On previous covers, Timothy has been depicted as white-haired and white-bearded; on the new cover, he appears much younger and has what Taylor feels is a "severe, threatening face." Timothy and Phillip (who now looks "more like he's 13 or 14") are shown standing on the beach in the middle of a tropical storm, bathed in what Taylor calls "almost sinister orange and black Halloweenish colors."

The overall effect, Taylor said, "is threatening," and the cover is "not only false but in the worst possible taste, damaging to the book and potentially financially damaging to me."

At the center of Taylor's concern is an obvious fact of life: Books are often judged--and misjudged--by their covers.


"The Cay," like many long-selling books, has had a number of covers over the years. Early versions had calm seas; a more recent cover has a storm raging in the background--but one that Taylor does not interpret as threatening and which he feels accurately depicts the two characters.

When Taylor signed his contract for "The Cay" in 1968 with Doubleday, which is now part of the company that owns Random House, he had no say in cover art and design. Now, all his book contracts require that he be consulted.

Gloria Loomis, Taylor's literary agent, said that in book cover disputes normally a compromise can be reached before publication. But in this case, Taylor was never consulted.

"This is an instance where it's deeply offensive, and Ted was right to fight tooth and nail," she said.

And, in a highly unusual move, Random House agreed to revert to the 1987 hardback cover.

Kay Murray, general counsel of the Authors Guild, the largest U.S. organization of published authors, said she has never heard of another case in which the publisher has changed a disputed book cover after it has gone into print.
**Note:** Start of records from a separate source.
//! The components by their numbers, put in order: of those whose references are all placed, the one with the least member comes next.
ghost use Rattle.std.specs.Prelude.{◌≡◌, ◌<◌, ◌≤◌, ◌^◌, ◌⊎◌, ℕ, true, false, length, slice_index, slice_set, IfOk, OnOk, IfErr, IfSome, IfNone};
ghost use Rattle.std.specs.List.{Contains};
ghost use Rattle.uc_base.specs.Graph.{Edge, InRange, row, IsComponentOrder};
ghost use Rattle.uc_base.specs.declared.fault.Fault.TheVariants.{Memory};
ghost use Rattle.uc_components.specs.Rows.{lists};
ghost use Rattle.uc_components.specs.Links.{AreLinks};
ghost use Rattle.uc_components.specs.Searched.{flag, IsHome};
ghost use Rattle.uc_components.specs.Order.{IsMembers, TakesLeast, stage_of, IsStage, IsKnown, AllKnown, placed_at, IsTaken};

use crate::graph::Graph;
use crate::links::{Links, linked};
use crate::rows::{empty_rows, push_at, row_at, take_row};
use crate::search::find_homes;
use std::alloc::{AllocError, Global};
use std::collections::BTreeSet;
use uc_base::Fault;

// What is placed, and what waits. A component waits for one of its references, the one at its cursor.
#[derive(Drop)]
struct Queue {
    home: Vec<usize>,
    parts: Vec<Vec<u32>>,
    placed: Vec<bool>,
    cursors: Vec<usize>,
    ready: BTreeSet<u32>,
}

// The members of each component.
fn gathered(alloc: Global, home: &[usize], count: usize) -> Result<Vec<Vec<u32>>, AllocError>
    requires below { (v : ℕ) → v < length home.now → slice_index home.now v < count }
    requires small { length home.now < 2 ^ 32 }
    ensures len { IfOk result (λ parts. length (lists parts) ≡ count) }
    ensures members { IfOk result (λ parts. (c : ℕ) → c < count → IsMembers home.now c (row (lists parts) c)) }
{
    let mut parts = empty_rows(alloc, count)?;
    for vertex in 0..home.len() {
        push_at(&mut parts, home[vertex], vertex as u32)?;
    }
    Ok(parts)
}

fn add_ready(ready: &mut BTreeSet<u32>, least: u32) -> Result<(), AllocError>
    ensures has { OnOk result (Contains ready.new.keys least) }
    ensures keeps { OnOk result ((x : ℕ) → Contains ready.old.keys x → Contains ready.new.keys x) }
    ensures cases { OnOk result ((x : ℕ) → Contains ready.new.keys x → (x ≡ least) ⊎ Contains ready.old.keys x) }
{
    ready.insert(least)?;
    Ok(())
}

fn take_least(ready: &mut BTreeSet<u32>) -> Option<u32>
    ensures some { IfSome result (λ x. TakesLeast ready.old.keys x ready.new.keys) }
    ensures none { IfNone result ((x : ℕ) → Contains ready.old.keys x → ⊥) }
{
    ready.pop_first()
}

// The place of the first reference from a place on that isn't placed, or the count of references.
fn first_unplaced(references: &[usize], from: usize, placed: &[bool]) -> usize
    requires { (k : ℕ) → k < length references.now → slice_index references.now k < length placed.now }
    ensures passed { (k : ℕ) → from ≤ k → k < result → k < length references.now → flag placed.now (slice_index references.now k) ≡ true }
    ensures stops { result < length references.now → flag placed.now (slice_index references.now result) ≡ false }
{
    for at in from..references.len() {
        if !placed[references[at]] {
            return at;
        }
    }
    references.len()
}

// Moves a component's cursor on as far as its references are placed; past the last of them the component is ready.
fn advance(queue: &mut Queue, links: &Links, part: usize) -> Result<(), AllocError>
    requires part { part < length queue.old.placed.items }
    requires new { flag queue.old.placed.items part ≡ false }
    requires stage { IsStage (lists links.now.references) (stage_of queue.old) }
    ensures stage { OnOk result (IsStage (lists links.now.references) (stage_of queue.new)) }
    ensures same { OnOk result (queue.new ≡ record queue.old { cursors = queue.new.cursors; ready = queue.new.ready }) }
    ensures known { OnOk result (IsKnown (lists links.now.references) (stage_of queue.new) part) }
    ensures keeps { OnOk result ((c : ℕ) → IsKnown (lists links.now.references) (stage_of queue.old) c → IsKnown (lists links.now.references) (stage_of queue.new) c) }
{
    let references = row_at(&links.references, part);
    let cursor = first_unplaced(references, queue.cursors[part], queue.placed.as_slice());
    queue.cursors[part] = cursor;
    if cursor < references.len() {
        return Ok(());
    }
    let least = row_at(&queue.parts, part)[0];
    add_ready(&mut queue.ready, least)?;
    Ok(())
}

// Moves the cursors of the components that refer to a component which was placed.
fn wake(queue: &mut Queue, links: &Links, part: usize) -> Result<(), AllocError>
    requires part { part < length (lists links.now.referrers) }
    requires new { (c : ℕ) → Edge (lists links.now.referrers) part c → (c < length queue.old.placed.items) × (flag queue.old.placed.items c ≡ false) }
    requires stage { IsStage (lists links.now.references) (stage_of queue.old) }
    ensures stage { OnOk result (IsStage (lists links.now.references) (stage_of queue.new)) }
    ensures same { OnOk result (queue.new ≡ record queue.old { cursors = queue.new.cursors; ready = queue.new.ready }) }
    ensures known { OnOk result ((c : ℕ) → Edge (lists links.now.referrers) part c → IsKnown (lists links.now.references) (stage_of queue.new) c) }
    ensures keeps { OnOk result ((c : ℕ) → IsKnown (lists links.now.references) (stage_of queue.old) c → IsKnown (lists links.now.references) (stage_of queue.new) c) }
{
    let referrers = row_at(&links.referrers, part);
    for other in referrers {
        advance(queue, links, *other)?;
    }
    Ok(())
}

// Places a component, and takes its members.
fn place(alloc: Global, queue: &mut Queue, part: usize) -> Vec<u32>
    requires part { part < length queue.old.placed.items }
    requires parts { part < length (lists queue.old.parts) }
    ensures members { result.items ≡ row (lists queue.old.parts) part }
    ensures stage { stage_of queue.new ≡ placed_at (stage_of queue.old) part }
{
    queue.placed[part] = true;
    take_row(alloc, &mut queue.parts, part)
}

// The next component, if one is left.
fn next(alloc: Global, queue: &mut Queue, links: &Links) -> Result<Option<Vec<u32>>, AllocError>
    requires stage { IsStage (lists links.now.references) (stage_of queue.old) }
    requires known { AllKnown (lists links.now.references) (stage_of queue.old) }
    requires referrers { length (lists links.now.referrers) ≡ length queue.old.placed.items }
    requires mirrored { (c d : ℕ) → Edge (lists links.now.references) c d → Edge (lists links.now.referrers) d c }
    requires back { (c d : ℕ) → Edge (lists links.now.referrers) d c → Edge (lists links.now.references) c d }
    ensures some { IfOk result (λ taken. IfSome taken (λ members. IsTaken (lists links.now.references) (stage_of queue.old) (stage_of queue.new) members.items)) }
    ensures none { IfOk result (λ taken. IfNone taken ((x : ℕ) → Contains queue.old.ready.keys x → ⊥)) }
{
    let Some(least) = take_least(&mut queue.ready) else {
        return Ok(None);
    };
    let part = queue.home[least as usize];
    let members = place(alloc, queue, part);
    wake(queue, links, part)?;
    Ok(Some(members))
}

// Nothing is placed yet.
fn begun(alloc: Global, links: &Links, home: Vec<usize>, count: usize) -> Result<Queue, AllocError>
    requires below { (v : ℕ) → v < length home.items → slice_index home.items v < count }
    requires used { (c : ℕ) → c < count → (v : ℕ) × (v < length home.items) × (slice_index home.items v ≡ c) }
    requires small { length home.items < 2 ^ 32 }
    requires len { length (lists links.now.references) ≡ count }
    requires descends { (c d : ℕ) → Edge (lists links.now.references) c d → d < c }
    ensures stage { IfOk result (λ queue. IsStage (lists links.now.references) (stage_of queue)) }
    ensures known { IfOk result (λ queue. AllKnown (lists links.now.references) (stage_of queue)) }
    ensures new { IfOk result (λ queue. (c : ℕ) → flag queue.placed.items c ≡ false) }
    ensures home { IfOk result (λ queue. queue.home.items ≡ home.items) }
    ensures count { IfOk result (λ queue. length queue.placed.items ≡ count) }
{
    let parts = gathered(alloc, home.as_slice(), count)?;
    let mut queue = Queue {
        home,
        parts,
        placed: vec![in alloc; false; count]?,
        cursors: vec![in alloc; 0; count]?,
        ready: BTreeSet::new(alloc),
    };
    for part in 0..count {
        advance(&mut queue, links, part)?;
    }
    Ok(queue)
}

fn ordered(
    alloc: Global,
    graph: &Graph,
    home: Vec<usize>,
    count: usize,
) -> Result<Vec<Vec<u32>>, AllocError>
    requires range { InRange graph.now }
    requires small { length graph.now < 2 ^ 32 }
    requires home { IsHome graph.now home.items count }
    ensures { IfOk result (λ components. IsComponentOrder graph.now (lists components)) }
{
    let links = linked(alloc, graph, home.as_slice(), count)?;
    let mut queue = begun(alloc, &links, home, count)?;
    let mut components = Vec::new(alloc);
    while let Some(members) = next(alloc, &mut queue, &links)? {
        components.push(members)?;
    }
    Ok(components)
}

/// The components of a graph: at each place stands, among the components whose references all stand before it, the one with the least member. Members ascend. A path of references takes no stack.
///
/// # Errors
///
/// `Memory` alone.
pub fn components(alloc: Global, graph: &Graph) -> Result<Vec<Vec<u32>>, Fault>
    requires range { InRange graph.now }
    requires small { length graph.now < 2 ^ 32 }
    ensures order { IfOk result (λ components. IsComponentOrder graph.now (lists components)) }
    ensures err { IfErr result (λ fault. fault ≡ Memory) }
{
    let homes = find_homes(alloc, graph)?;
    let components = ordered(alloc, graph, homes.home, homes.count)?;
    Ok(components)
}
"It is not unusual at all for authors to be unhappy or not satisfied with book covers," Murray said. Some writers who have a "right of consultation" built into contracts can successfully influence decisions about covers while they are still being developed. But even in those cases, the final decision remains exclusively with the publisher.

That "The Cay" is a classic and that its author has the loyalty and respect of readers likely made the difference in this case, she said.

Since its initial publication, "The Cay" has spawned 14 foreign editions, a 1974 NBC-TV movie starring James Earl Jones (he's featured on the current paperback cover), a 1992 audiocassette read by Levar Burton and a 1998 children's play.

Last year, the International Reading Assn. included "The Cay" in its list of the 100 best children's books of the 20th century.

The book is required or recommended reading for middle-school students in 38 states, including California. It presents a subtle message of racial harmony as the boy, who learned prejudice from his parents, grows to love and respect the sailor.

Taylor said he was struck speechless in April when he first saw the jacket for the new hardback edition published by Delacorte, an imprint of Random House.


He immediately considered taking legal action, but a lawyer for the New York-based Authors League of America (an umbrella organization that includes the Authors Guild) told him not to waste his money.

"Random House has lawyers who will eat you alive," Taylor said the lawyer told him.

Taylor said he fretted for a couple of days, his anger building until he came up with an idea he hoped would force Random House to change course: He would enlist the help of booksellers and teachers.

He began by contacting half a dozen children's bookstore-owner friends across the country, asking them to fax protests to Random House.

Taylor then sent out a mailer expressing his dissatisfaction with the cover to all 238 independent children's bookstores around the country. He also wrote to 25 teachers who use "The Cay" in class, inviting them to do the same.

So far, he's received copies of upward of 250 letters written to Random House by store owners, teachers and students.